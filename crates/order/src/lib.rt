// The order of checks for a command (RULES 5), steps 1 to 4 and then those of order_opens and order_ends, walked once for ASK and ANSWER alike.
// Every length, Lc included, and the fault offset are in bytes.
// Proved: for every card and every command, however short, the way means what the rulebook decides.
#![tactic(auto)]

ghost use Rattle.std.specs.Prelude.{◌≡◌, ◌≤◌, length};
ghost use Rattle.command_table.specs.Fits.{PathsFit};
ghost use Rattle.rules.specs.Steps.{decide};
ghost use Rattle.order_ends.specs.Routes.{RoutesIn, from_step2, from_step3, from_step4};

use card::Card;
use order_ends::Way;
use rules::{Instruction, Unnamed};

// The most data that a command carries, in bytes.
pub const DATA_MAX_BYTES: usize = 255;

// Steps 1 to 6. The command's data is left at the start of `plain`.
pub fn route(card: Card, cmd: &[u8], plain: &mut [u8]) -> Way
    requires { (length plain.old ≡ 255) × PathsFit card.keys }
    ensures { RoutesIn (decide card cmd.now) result plain.new }
{
    let next = order_steps::step_1(card, cmd);
    step_2(next, cmd, plain)
}

// Step 2: the form.
fn step_2(card: Card, cmd: &[u8], plain: &mut [u8]) -> Way
    requires { (length plain.old ≡ 255) × PathsFit card.keys }
    ensures { RoutesIn (from_step2 cmd.now card) result plain.new }
{
    let Some(field) = order_form::find_data(cmd) else {
        return Err(order_ends::ends(false, card, rules::WRONG_LENGTH));
    };
    step_3(card, cmd, field, plain)
}

// Step 3: class and instruction.
fn step_3(card: Card, cmd: &[u8], field: &[u8], plain: &mut [u8]) -> Way
    requires { (4 ≤ length cmd.now) × (length field.now ≤ 255) × (length plain.old ≡ 255) × PathsFit card.keys }
    ensures { RoutesIn (from_step3 cmd.now card field.now) result plain.new }
{
    match order_rows::name(card.initialised != 0, cmd[0], cmd[1]) {
        Ok(i) => step_4(i, card, cmd, field, plain),
        Err(Unnamed::WrongClass) => Err(order_ends::ends(false, card, rules::UNKNOWN_CLASS)),
        Err(Unnamed::Unknown) => Err(order_ends::ends(false, card, rules::UNKNOWN_INSTRUCTION)),
    }
}

// Step 4: a plain command goes on with its data as it is; the others need the stage, and their data is opened.
fn step_4(i: Instruction, card: Card, cmd: &[u8], field: &[u8], plain: &mut [u8]) -> Way
    requires { (4 ≤ length cmd.now) × (length field.now ≤ 255) × (length plain.old ≡ 255) × PathsFit card.keys }
    ensures { RoutesIn (from_step4 i cmd.now card field.now) result plain.new }
{
    let stage = order_rows::stage_of(i);
    if stage == card::STAGE_CLOSED {
        octets_lent::put(plain, 0, field);
        return order_ends::step_5(i, false, card, cmd, field);
    }
    if card.channel.stage < stage {
        return Err(order_ends::ends(false, card, rules::CONDITIONS_NOT_MET));
    }
    order_opens::step_4_opens(i, card, cmd, field, plain)
}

════════════════════

Problem: Everything in the listing needs to appear again exactly.

Your solution:
filename crates/order/src/lib.rt
// The order of checks for a command (RULES 5), steps 1 to 4 and then those of order_opens and order_ends, walked once for ASK and ANSWER alike.
// Every length, Lc included, and the fault offset are in bytes.
// Proved: for every card and every command, however short, the way means what the rulebook decides.
#![tactic(auto)]

ghost use Rattle.std.specs.Prelude.{◌≡◌, ◌≤◌, length};
ghost use Rattle.command_table.specs.Fits.{PathsFit};
ghost use Rattle.rules.specs.Steps.{decide};
ghost use Rattle.order_ends.specs.Routes.{RoutesIn, from_step2, from_step3, from_step4};

use card::Card;
use order_ends::Way;
use rules::{Instruction, Unnamed};

// The most data that a command carries, in bytes.
pub const DATA_MAX_BYTES: usize = 255;

// Steps 1 to 6. The command's data is left at the start of `plain`.
pub fn route(card: Card, cmd: &[u8], plain: &mut [u8]) -> Way
    requires { (length plain.old ≡ 255) × PathsFit card.keys }
    ensures { RoutesIn (decide card cmd.now) result plain.new }
{
    let next = order_steps::step_1(card, cmd);
    step_2(next, cmd, plain)
}

// Step 2: the form.
fn step_2(card: Card, cmd: &[u8], plain: &mut [u8]) -> Way
    requires { (length plain.old ≡ 255) × PathsFit card.keys }
    ensures { RoutesIn (from_step2 cmd.now card) result plain.new }
{
    let Some(field) = order_form::find_data(cmd) else {
        return Err(order_ends::ends(false, card, rules::WRONG_LENGTH));
    };
    step_3(card, cmd, field, plain)
}

// Step 3: class and instruction.
fn step_3(card: Card, cmd: &[u8], field: &[u8], plain: &mut [u8]) -> Way
    requires { (4 ≤ length cmd.now) × (length field.now ≤ 255) × (length plain.old ≡ 255) × PathsFit card.keys }
    ensures { RoutesIn (from_step3 cmd.now card field.now) result plain.new }
{
    match order_rows::name(card.initialised != 0, cmd[0], cmd[1]) {
        Ok(i) => step_4(i, card, cmd, field, plain),
        Err(Unnamed::WrongClass) => Err(order_ends::ends(false, card, rules::UNKNOWN_CLASS)),
        Err(Unnamed::Unknown) => Err(order_ends::ends(false, card, rules::UNKNOWN_INSTRUCTION)),
    }
}

// Step 4: a plain command goes on with its data as it is; the others need the stage, and their data is opened.
fn step_4(i: Instruction, card: Card, cmd: &[u8], field: &[u8], plain: &mut [u8]) -> Way
    requires { (4 ≤ length cmd.now) × (length field.now ≤ 255) × (length plain.old ≡ 255) × PathsFit card.keys }
    ensures { RoutesIn (from_step4 i cmd.now card field.now) result plain.new }
{
    let stage = order_rows::stage_of(i);
    if stage == card::STAGE_CLOSED {
        octets_lent::put(plain, 0, field);
        return order_ends::step_5(i, false, card, cmd, field);
    }
    if card.channel.stage < stage {
        return Err(order_ends::ends(false, card, rules::CONDITIONS_NOT_MET));
    }
    order_opens::step_4_opens(i, card, cmd, field, plain)
}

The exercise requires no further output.